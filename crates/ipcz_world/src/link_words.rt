//! A world's link words, laid out as they are claimed.
ghost use Rattle.std.specs.Prelude.{◌≡◌, ◌<◌, ◌≤◌, ◌+◌, ◌++◌, ◌-◌, Some, IfSome, IfOk, IsOk, OnOk, OnErr, length, map, replicate, if◌then◌else◌};
ghost use Rattle.ipcz_word.specs.Layout.{word_of_bits};
ghost use Rattle.ipcz_word.specs.Laws.{HasNode};
ghost use Rattle.ipcz_word.specs.Word.{empty_word, open_word};
ghost use Rattle.ipcz_world.specs.Coding.{claimed_word, has_unclaimed, claim_one, put_word, with_more, is_claim, side_answer, side_after, source_at};
ghost use Rattle.ipcz_world.specs.Coding.{table_answer, table_after, IsTable, AreUnclaimedEmpty};
ghost use Rattle.ipcz_world.specs.World.{word_limit};

use crate::word_answers::answer_act;
use ipcz_base::Side;
use ipcz_router::act::{Answer, RouterAct};
use ipcz_word::{EMPTY_WORD, OPEN_WORD};
use std::alloc::{AllocError, Global};
use std::marker::Model;

/// The link words that the nodes share, and how many of them were claimed (docs/PROTOCOL.md, "Link words").
///
/// Words are laid out in memory as they are claimed. Those that aren't are empty, and touch no memory: room is kept for them, so that a
/// claim never fails for want of it.
#[derive(Drop)]
pub(crate) struct LinkWords {
    bits: Vec<u64>,
    size: u64,
}

impl Model for LinkWords {
    ghost use Rattle.std.specs.Prelude.{vec_capacity};
    ghost use Rattle.std.specs.FinMap.{code};
    ghost use Rattle.std.specs.Coded.{codes};
    ghost use Rattle.ipcz_world.specs.Coding.{WordTable, laid_table, IsLaidOut};

    ghost Value = { WordTable };

    ghost coded = { Prim.hlevel (codes, code) };

    ghost view = { λ a. laid_table a.bits.items a.size };

    ghost invariant = { λ a. IsLaidOut a.bits.items (vec_capacity a.bits) a.size };
}

impl LinkWords {
    /// So many link words. The first ones are those of pairs' first links, and claimed; the others are empty. Room is kept for all of them.
    pub(crate) fn new(alloc: Global, pairs: u32, words: u32) -> Result<LinkWords, AllocError>
        requires pairs { pairs ≤ words }
        requires words { words ≤ word_limit }
        ensures words { IfOk result (λ t. t.words ≡ replicate pairs open_word ++ replicate (words - pairs) empty_word) }
        ensures claimed { IfOk result (λ t. t.claimed ≡ pairs) }
    {
        let mut bits = Vec::with_capacity(alloc, words as usize)?;
        for _pair in 0..pairs {
            bits.push_reserved(OPEN_WORD);
        }
        Ok(LinkWords {
            bits,
            size: words as u64,
        })
    }

    /// These link words, of which so many are claimed; the others are empty.
    pub(crate) fn of(mut bits: Vec<u64>, claimed: u64) -> LinkWords
        requires table { IsTable bits.items claimed }
        requires empty { AreUnclaimedEmpty (map word_of_bits bits.items) claimed }
        ensures words { result.words ≡ map word_of_bits bits.items }
        ensures claimed { result.claimed ≡ claimed }
    {
        let size = bits.as_slice().len() as u64;
        bits.truncate(claimed as usize);
        LinkWords { bits, size }
    }

    /// How many words were claimed.
    pub(crate) fn claimed(&self) -> u64
        ensures { result ≡ self.now.claimed }
    {
        self.bits.as_slice().len() as u64
    }

    /// How many words are left to claim.
    pub(crate) fn left(&self) -> u64
        ensures { self.now.claimed + result ≡ length self.now.words }
    {
        self.size - self.claimed()
    }

    /// So many empty words more, with room kept for them. Refused if there is no room for so many: then the table is as it was.
    pub(crate) fn add(&mut self, count: u64) -> Result<(), AllocError>
        ensures more { OnOk result (self.new ≡ with_more self.old count) }
        ensures none { count ≡ 0 → IsOk result }
        ensures err { OnErr result (self.new ≡ self.old) }
    {
        let Some(size) = self.size.checked_add(count) else {
            return Err(AllocError);
        };
        let unclaimed = size - self.claimed();
        self.bits.reserve(unclaimed as usize)?;
        self.size = size;
        Ok(())
    }

    /// The number of a claimed word.
    pub(crate) fn word(&self, i: u64) -> Option<u64>
        ensures { result ≡ claimed_word self.now i }
    {
        if i < self.claimed() {
            Some(self.bits[i as usize])
        } else {
            None
        }
    }

    /// The node that a claimed word names as the source of a bypass.
    pub(crate) fn source(&self, i: u64) -> Option<u8>
        ensures { result ≡ source_at self.now i }
    {
        if self.claimed() > i {
            ipcz_word::source(self.bits[i as usize])
        } else {
            None
        }
    }

    /// Whether a word is left to claim.
    pub(crate) fn has_unclaimed(&self) -> bool
        ensures { result ≡ has_unclaimed self.now }
    {
        self.claimed() < self.size
    }

    /// Claims the next word and gives its number.
    pub(crate) fn claim(&mut self) -> u64
        requires { self.old.claimed < length self.old.words }
        ensures word { result ≡ self.old.claimed }
        ensures table { self.new ≡ claim_one self.old }
    {
        let word = self.claimed();
        self.bits.push_reserved(EMPTY_WORD);
        word
    }

    /// Makes a claimed word that of a pair's first link.
    pub(crate) fn open(&mut self, i: u64)
        requires { i < self.old.claimed }
        ensures { self.new ≡ put_word self.old i open_word }
    {
        self.bits[i as usize] = OPEN_WORD;
    }

    /// Answers an act of a router whose outward primary link has this word and side, if it is central, and makes of the word what the
    /// act does; a lock names the source.
    pub(crate) fn answer(
        &mut self,
        source: Option<u8>,
        act: RouterAct,
        link: Option<(u64, Side)>,
    ) -> Answer
        requires node { HasNode source }
        requires within { IfSome link (λ l. l.0 < self.old.claimed) }
        ensures answer { result ≡ table_answer self.old source act link }
        ensures table { self.new ≡ table_after self.old source act link }
    {
        if is_claim(act) {
            self.answer_claim()
        } else {
            self.answer_link(source, act, link)
        }
    }

    // Claims a word, if one is left.
    fn answer_claim(&mut self) -> Answer
        ensures answer { result ≡ (if has_unclaimed self.old then Answer.Claimed self.old.claimed else Answer.NoWord) }
        ensures table { self.new ≡ (if has_unclaimed self.old then claim_one self.old else self.old) }
    {
        if self.has_unclaimed() {
            Answer::Claimed(self.claim())
        } else {
            Answer::NoWord
        }
    }

    // Answers an act on the word of a link.
    #[tactic(auto, unfolding(crate::specs::Coding::side_answer, crate::specs::Coding::side_after))]
    fn answer_link(
        &mut self,
        source: Option<u8>,
        act: RouterAct,
        link: Option<(u64, Side)>,
    ) -> Answer
        requires node { HasNode source }
        requires within { IfSome link (λ l. l.0 < self.old.claimed) }
        ensures answer { result ≡ side_answer self.old source act link }
        ensures table { self.new ≡ side_after self.old source act link }
    {
        match link {
            Some((i, side)) => self.answer_word(source, act, i, side),
            None => Answer::Plain,
        }
    }

    // Answers an act on a claimed word.
    #[tactic(auto, unfolding(crate::specs::Coding::side_answer, crate::specs::Coding::side_after))]
    fn answer_word(&mut self, source: Option<u8>, act: RouterAct, i: u64, side: Side) -> Answer
        requires node { HasNode source }
        requires within { i < self.old.claimed }
        ensures answer { result ≡ side_answer self.old source act (Some (i, side)) }
        ensures table { self.new ≡ side_after self.old source act (Some (i, side)) }
    {
        let answered = answer_act(self.bits[i as usize], side, source, act);
        self.bits[i as usize] = answered.word;
        answered.answer
    }
}

// Whether an act claims a word.
#[tactic(auto, unfolding(crate::specs::Coding::is_claim))]
fn is_claim(act: RouterAct) -> bool
    ensures { result ≡ is_claim act }
{
    matches!(act, RouterAct::Claim)
}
- - - - - - -
**What needs to be done:**
Where a line of the data above includes "others", copy that line.

**Exercise output:**
    /// So many link words. The first ones are those of pairs' first links, and claimed; the others are empty. Room is kept for all of them.
    /// These link words, of which so many are claimed; the others are empty.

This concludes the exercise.